Polog: Man sollte sich nur an die Startlinie stellen, wenn man 100% gesund und fit ist, nicht wenn man selber denkt (Gattin hat mich gewarnt), es ist nicht so schlimm und des geht schon irgendwie. Eine sportliche Aktivität um 5 Stunden herum geht dann leicht verschnupft auch …. Irrglaube – ganze Woche schon aus den Nebenhöhlen gerotzt (sorry grauslich), ob es eine Allergie oder wieder mein Nebenhöhlen-Problem ist, kann ich leider nicht sagen – ich wollte dieses Event nur finishen, unter 5h war das Ziel, welches ich auch mit meinem Problem schaffen wollte – aber dieses Vorhaben war dann für die „Fisch“ oder fürs Seegras (in diesem Fall im Kanal) – der große silberne X-Bionic-Gaul hat mir unter der brutalen Sonne von Samorin wieder (wie 2019) einen ordentlichen Tritt verpasst – aber dazu später.

Raceday:

Leider gehts ohne meine größten 2 Fans (Ben leider nicht fit) um 06:00 Richtung Samorin – Start meiner AK 45-49 gsd schon um 09:20 – haben ein Topwetter laut Prognosen vor uns – soll dann später ziemlich heiß werden.

Swim:

Beim Warten auf den Start brannte die Sonne schon ordentlich auf die Neoprenhaube u.
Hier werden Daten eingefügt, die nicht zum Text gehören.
//! Modules by their numbers, which are their places in ascending order of names.

ghost use Rattle.std.specs.Prelude.{◌≡◌, ◌^◌, ◌<◌, length, map, IfOk};
ghost use Rattle.std.specs.List.{filter_map};
ghost use Rattle.decl_groups.specs.Groups.{plain};
ghost use Rattle.import_graph.specs.ModuleWalkView.{import_view, module_view};
ghost use Rattle.import_graph.specs.Graph as graph;
ghost use Rattle.import_graph.specs.ModuleGraphView.{modules_of, AreNamed, IsOf};

use crate::{Found, Import, Module};
use elm_base::text::Text;
use indexmap::IndexMap;
use std::alloc::{AllocError, Global};

/// The modules in ascending order of their names.
pub(crate) fn by_name(
    alloc: Global,
    modules: Vec<Module>,
) -> Result<IndexMap<Text, Module>, AllocError>
    ensures is { IfOk result (λ m. IsOf (map module_view modules.items) (modules_of m)) }
    ensures named { IfOk result (λ m. AreNamed m) }
{
    let mut named = IndexMap::with_capacity(alloc, modules.len())?;
    for one in modules {
        named.insert(one.name.clone()?, one)?;
    }
    named.sort_keys()?;
    Ok(named)
}

/// For each module, the numbers of the modules of the project that it imports, in written order.
pub(crate) fn uses_of(
    alloc: Global,
    modules: &IndexMap<Text, Module>,
) -> Result<Vec<Vec<u32>>, AllocError>
    requires named { AreNamed modules.now }
    requires few { length (modules_of modules.now) < 2 ^ 32 }
    ensures { IfOk result (λ uses. plain uses.items ≡ graph.uses_of (modules_of modules.now)) }
{
    let mut uses = Vec::with_capacity(alloc, modules.len())?;
    for index in 0..modules.len() {
        if let Some((_, importer)) = modules.get_index(index) {
            uses.push(used_by(alloc, modules, &importer.imports)?)?;
        }
    }
    Ok(uses)
}

/// The numbers of the modules of the project among the imports.
fn used_by(
    alloc: Global,
    modules: &IndexMap<Text, Module>,
    imports: &[Import],
) -> Result<Vec<u32>, AllocError>
    requires named { AreNamed modules.now }
    requires few { length (modules_of modules.now) < 2 ^ 32 }
    ensures { IfOk result (λ row. row.items
        ≡ filter_map (graph.used (modules_of modules.now)) (map import_view imports.now)) }
{
    let mut row = Vec::with_capacity(alloc, imports.len())?;
    for import in imports {
        if let Some(number) = number_used(modules, import) {
            row.push(number)?;
        }
    }
    Ok(row)
}

/// The number of the module that an import is of, if it is one of the project.
pub(crate) fn number_used(modules: &IndexMap<Text, Module>, import: &Import) -> Option<u32>
    requires named { AreNamed modules.now }
    requires few { length (modules_of modules.now) < 2 ^ 32 }
    ensures { result ≡ graph.used (modules_of modules.now) (import_view import.now) }
{
    match import.found {
        Found::File => match modules.get_index_of(&import.name) {
            Some(number) => Some(number as u32),
            None => None,
        },
        _ => None,
    }
}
Veranstalterhaube – von der Neoprenhaube wollte ich mich sofort befreien, aber um 09:22 als mein Martyrium dann endlich los ging, war ich sehr froh, dass ich die beiden Hauben beim 17° kalten Wasser auf hatte. Die ersten 250m hatte ich irgendwie eine kleine Luft-Panik-Kälte-Attacke (nicht 100% fit), welche sich dann mit der Zeit gab und ich weiter das Seegras unter mir streifte und ich nur so schnell wie möglich den ersten Part hinter mich bringen wollte. Teilweise roch es aus sehr komisch in diesem Kanal, aber immer noch besser als wie bei meinem ersten Antritt in Samorin 2019, wo wir in der Donau schwimmen mussten.
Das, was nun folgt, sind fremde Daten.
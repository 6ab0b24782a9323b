//! Modules have one list of values, and three modules, worked out.

ghost use Rattle.import_graph.specs.Fold.{FoldsOnce};
ghost use Rattle.import_graph.specs.ModuleFoldExamples.{Numbered};

use crate::work::Work;

/// Modules have one list of values at most, where each makes one value at most of those of its imports.
pub fn once_law<W: Work>(_work: &W)
    ensures { FoldsOnce (W.makes _work.now) (W.graph _work.now) }
{}

/// The values of three modules.
pub fn examples()
    ensures { Numbered }
{}
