// What a command's payload says.
#![tactic(auto)]

ghost use Rattle.std.specs.Prelude.{◌≡◌};
ghost use Rattle.inspect_command.specs.Command.{refused, says, numbers_of, refusal_number, told, read_command};

use command::payload::{Command, command_of};
use opcodes::{BAD_LENGTH, UNKNOWN_OPCODE, opcode_of};

// The longest payload whose length two bytes can say.
const LONGEST: usize = 65_535;

// The number 0 and the command's numbers, 0 where it has none; or a refusal's number and zeros, as C takes it.
#[repr(C)]
#[derive(Clone, Copy)]
pub struct CommandRead {
    pub number: u32,
    pub address: u32,
    pub offset: u32,
    pub count: u32,
    pub verify: u32,
}

// Why a payload says no command.
#[derive(Clone, Copy, Debug, PartialEq, Eq)]
enum Refusal {
    UnknownOpcode,
    BadLength,
}

impl From<Refusal> for u32 {
    ghost from_gives = { λ r n. n ≡ refusal_number r };

    fn from(refusal: Refusal) -> u32 {
        match refusal {
            Refusal::UnknownOpcode => UNKNOWN_OPCODE,
            Refusal::BadLength => BAD_LENGTH,
        }
    }
}

impl From<Refusal> for CommandRead {
    ghost from_gives = { λ r read. read ≡ refused (refusal_number r) };

    fn from(refusal: Refusal) -> CommandRead {
        CommandRead {
            number: u32::from(refusal),
            address: 0,
            offset: 0,
            count: 0,
            verify: 0,
        }
    }
}

fn says(address: u32, offset: u32, count: u32, verify: u8) -> CommandRead
    ensures { result ≡ says address offset count verify }
{
    CommandRead {
        number: 0,
        address,
        offset,
        count,
        verify: verify as u32,
    }
}

impl From<Command> for CommandRead {
    ghost from_gives = { λ command read. read ≡ numbers_of command };

    fn from(command: Command) -> CommandRead {
        match command {
            Command::Write(address, n) => says(address.0, 0, n, 0),
            Command::Read(address, n) => says(address.0, 0, n, 0),
            Command::Copy(address, n, offset) => says(address.0, offset.0, n, 0),
            Command::Erase(offset, n) => says(0, offset.0, n, 0),
            Command::Run(address) => says(address.0, 0, 0, 0),
            Command::ReadQspi(offset, n) => says(0, offset.0, n, 0),
            Command::Version => says(0, 0, 0, 0),
            Command::ChipErase => says(0, 0, 0, 0),
            Command::DirectWrite(verify, offset, n) => says(0, offset.0, n, verify),
        }
    }
}

// The command that a payload says to an opcode's number.
#[tactic(auto, unfolding(crate::specs::Command::read_command))]
fn command_in(opcode: u32, payload: &[u8]) -> Result<Command, Refusal>
    ensures { told result ≡ read_command opcode payload.now }
{
    let known = opcode_of(opcode).ok_or(Refusal::UnknownOpcode)?;
    if LONGEST < payload.len() || !known.has_length(payload.len()) {
        return Err(Refusal::BadLength);
    }
    Ok(command_of(known, payload.len() as u32, payload))
}

// The command of an opcode's number and a payload.
pub fn read_command(opcode: u32, payload: &[u8]) -> CommandRead
    ensures { result ≡ read_command opcode payload.now }
{
    match command_in(opcode, payload) {
        Ok(command) => CommandRead::from(command),
        Err(refusal) => CommandRead::from(refusal),
    }
}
Nach 36min17sec war es dann endlich geschafft – langsam laufe ich den Sand hinauf und schaffe es wieder nicht, den Neo über die Uhr zu ziehen – ich gehe ein paar Schritte (was ich sonst eigentlich beim Wechsel nicht mache) und befreie mich von den Schwimmutensilien …

Bike:

Sehr faires Rennen, (gegenüber Jesolo) nur konnte ich um 20Watt Schnitt (ist leider einiges auf 90km) weniger als in Jesolo treten, was ich auch auf meine köperliche Verfassung schieben muss. Hat sich aber ok angefühlt. Das letzte Drittel war dann schon mühsam bei Gegenwind nach Samorin – die brutale Ernüchterung kam dann nach meiner Lieblingsdiszipin ….

Run:

2te Wechsel funktionierte auch nicht so schnell wie sonst, war doch ordentlich angenockt.

Nach den ersten Metern spürte ich schon oberhalb beider Leisten ein ziehen, Magen wars nicht – so ähnlich wie Seitenstechen auf beiden Seiten – musste sofort das Tempo reduzieren – danach war es nur mehr eine Qual. 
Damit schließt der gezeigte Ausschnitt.